Нам, поэтам, свойственна мания истины, мы стремимся в подробностях поведать то, что нас поразило. «Вас уже вполне достаточно!» — извечная похвала нашей точности.
По восторженному недоверию к нашей точности, с которой мы описываем повседневные, доступные всем зрелища, можно представить, насколько честность наших отчетов вызывает доверие к тому, что можем увидеть только мы.
Поэт не требует восхищения, он хочет, чтобы ему верили.
То, чему не верят, остается орнаментом.
Красота медленно спешит. Она сбивает с толку сплавом несоединимого. Шаг назад — и нечеловеческая смесь приобретает видимость чего-то человеческого, становится возможной и благородной. Из-за подобного компромисса публика считает, что слышит и видит классиков.

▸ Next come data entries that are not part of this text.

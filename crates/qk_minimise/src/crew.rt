//! The walkers of a greedy shrink, side by side.
ghost use Rattle.std.specs.Prelude.{◌≡◌, ◌<◌, length, false, IfOk, All};
ghost use Rattle.std.specs.Thread.{IsSync};
ghost use Rattle.qk_minimise.specs.Crew.{IsReady, IsDone};

use crate::walking::walk;
use qk_base::{Family, Gate, Memory, Seq};
use qk_path::{PathTable, Walker};
use std::alloc::Global;
use std::thread::{Threads, for_each_mut};

/// A walker, and whether its walk wanted memory.
#[derive(Drop)]
pub(crate) struct Hired<F: Family> {
    pub(crate) walker: Walker<F>,
    pub(crate) failed: bool,
}

/// The walkers, none of which has wanted memory.
pub(crate) fn hire<F: Family>(
    alloc: Global,
    table: &PathTable<'_, F>,
    mut walkers: Seq<Walker<F>>,
) -> Result<Vec<Hired<F>>, Memory>
    requires { All (IsReady table.now.table.shared.table_id table.now.family.now table.now.root.now table.now.limit) walkers.items }
    ensures { IfOk result (λ v. (length v.items ≡ length walkers.items) × All (λ h. IsReady table.now.table.shared.table_id table.now.family.now table.now.root.now table.now.limit h.walker) v.items) }
{
    let _ = table;
    let mut ready = Vec::with_capacity(alloc, walkers.len())?;
    while let Some(walker) = walkers.pop() {
        let failed = false;
        if ready.push(Hired { walker, failed }).is_err() {
            return Err(Memory);
        }
    }
    Ok(ready)
}

/// The walk of one walker.
fn set_off<F: Family, G: Gate>(
    alloc: Global,
    gate: &G,
    table: &PathTable<'_, F>,
    hired: &mut Hired<F>,
)
    requires owned { F.owns table.now.family.now table.now.root.now }
    requires ready { IsReady table.now.table.shared.table_id table.now.family.now table.now.root.now table.now.limit hired.old.walker }
    ensures { hired.new.failed ≡ false → IsDone table.now.table.shared.table_id (F.children table.now.family.now) (F.failing table.now.family.now) table.now.family.now table.now.root.now table.now.limit hired.new.walker }
{
    let Hired { walker, failed } = hired;
    *failed = walk(alloc, gate, table, walker).is_err();
}

/// Lets each walker walk, in a thread of its own but for the last, which walks in this one. No walker waits for another between two
/// levels.
pub(crate) fn crew<R: Threads + Sync, F: Family, G: Gate>(
    rt: &R,
    alloc: Global,
    gate: &G,
    table: &PathTable<'_, F>,
    walkers: &mut [Hired<F>],
)
    requires some { 0 < length walkers.old }
    requires owned { F.owns table.now.family.now table.now.root.now }
    requires ready { All (λ h. IsReady table.now.table.shared.table_id table.now.family.now table.now.root.now table.now.limit h.walker) walkers.old }
    ensures same { length walkers.new ≡ length walkers.old }
    ensures walked { All (λ h. h.failed ≡ false → IsDone table.now.table.shared.table_id (F.children table.now.family.now) (F.failing table.now.family.now) table.now.family.now table.now.root.now table.now.limit h.walker) walkers.new }
{
    let count = walkers.len();
    for_each_mut(
        rt,
        walkers,
        count,
        &|_place: usize, hired: &mut Hired<F>|
            requires { IsSync F.row × IsSync G.row × F.owns table.now.family.now table.now.root.now
                × IsReady table.now.table.shared.table_id table.now.family.now table.now.root.now table.now.limit hired.now.walker }
            ensures { hired.exit.now.failed ≡ false → IsDone table.entry.now.table.shared.table_id (F.children table.entry.now.family.now) (F.failing table.entry.now.family.now) table.entry.now.family.now table.entry.now.root.now table.entry.now.limit hired.exit.now.walker }
        { set_off(alloc, gate, table, hired) },
    );
}

/// The walkers, in a list as a table takes them back.
pub(crate) fn bring_back<F: Family>(
    alloc: Global,
    table: &PathTable<'_, F>,
    mut walkers: Vec<Hired<F>>,
) -> Result<Seq<Walker<F>>, Memory>
    requires { All (λ h. h.failed ≡ false → IsDone table.now.table.shared.table_id (F.children table.now.family.now) (F.failing table.now.family.now) table.now.family.now table.now.root.now table.now.limit h.walker) walkers.items }
    ensures { IfOk result (λ v. (length v.items ≡ length walkers.items)
        × All (IsDone table.now.table.shared.table_id (F.children table.now.family.now) (F.failing table.now.family.now) table.now.family.now table.now.root.now table.now.limit) v.items) }
{
    let _ = table;
    let mut list = Seq::make(alloc);
    while let Some(hired) = walkers.pop() {
        let Hired { walker, failed } = hired;
        if failed {
            return Err(Memory);
        }
        list.add(walker)?;
    }
    Ok(list)
}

Медленная быстрота опиума. Под действием опиума в нас происходят явления, посылаемые искусством извне.
Курильщик иногда преображается в произведение искусства. Причем произведение неоспоримое, совершенное, поскольку преходящее, без формы и без судей.
Какими бы не были индивидуализм одиночество, сдержанность, аристократизм, роскошь и чудовищность произведения искусства, оно, тем не менее, социально, оно способно тронуть человека, взволновать, духовно и материально обогатить широкую публику.
У гедониста пропадает потребность самовыражения и общения с внешним миром.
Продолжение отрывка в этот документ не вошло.